Comcast announced Wednesday a $105,000 donation that will allow kids at three rec centers to play with 3D printers.
The contribution will allow the Department of Parks & Recreation’s Public Access Computing Center program to purchase education software and support staff for the devices, which will be made available at the Kingsessing, Starr Garden and Tustin Recreation Centers.
Washington Avenue makerspace NextFab will also pitch in to the cause, with the donation of training for operators and technical support for the machines.

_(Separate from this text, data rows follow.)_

//! The frames of a wave, read, run and written in blocks.
//!
//! A [`WaveRun`] is made of a netlist's networks, a plan and the head of a wave, and holds all the
//! memory that its run takes. [`WaveRun::write`] reads the frames behind the head, drives the networks
//! with them, and writes the wave of the output samples, one channel for each run. Where it stops
//! before the last frame, [`FrameStop`] says why, and the output holds the header and just what was
//! made of the frames before. After a run [`WaveRun::limited`] tells how many output samples were
//! limited, and [`WaveRun::totals`] where the energy of each run went. The module [`laws`] says that
//! what is read leaves one end, and frames have one result.
//!
//! ```rust
//! let head = read_head(&mut input)?;
//! let mut run = WaveRun::new(alloc, networks, &plan, &head)?;
//! run.write(&mut input, &mut out)?;
//! let limited = run.limited();
//! let totals = run.totals(Side::Whole, 0);
//! ```
//!
//! `specs/Written.antt` says which bytes are the wave of which frames, `specs/WaveRuns.antt` and
//! `specs/Stops.antt` what stands after a run and where it stopped, and `specs/RunFacts.antt` what is
//! told of its frames.
#![tactic(auto)]

mod block;
mod frame_stop;
mod frames;
pub mod laws;
mod over;
mod round;
mod samples;
#[cfg(test)]
mod tests;
mod wave_run;

pub use frame_stop::FrameStop;
pub use wave_run::WaveRun;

“On behalf of the City and its hundreds of thousands of residents who face challenges getting online, I sincerely thank Comcast for this donation,” said Mayor Jim Kenney during the announcement of the donation at the Kingsessing Rec Center. “The more kids and adults we can teach digital skills and new technology, the better positioned Philadelphia will be to create the economy of the future — a future of makers, designers and innovators.”
— Philly Parks & Rec (@PhilaParkandRec) May 11, 2016
In addition to the machines, Comcast will provide educational software from Edmentum, Inc., which interfaces with software used by the Philadelphia School District and the Center for Literacy, giving students and staff a seamless experience.
Also covered in the donation is funding for specialized staff support for the public access computing center donated by Philadelphia-born actor and comedian Kevin Hart in 2013.
“The computer labs at recreation centers are a vital link in bridging the digital divide,” said Sharon Powell, Comcast’s senior director of government affairs. “By teaching basic digital literacy skills and then showing the full spectrum of what is made possible through technology, we make the internet relevant to people’s everyday lives.”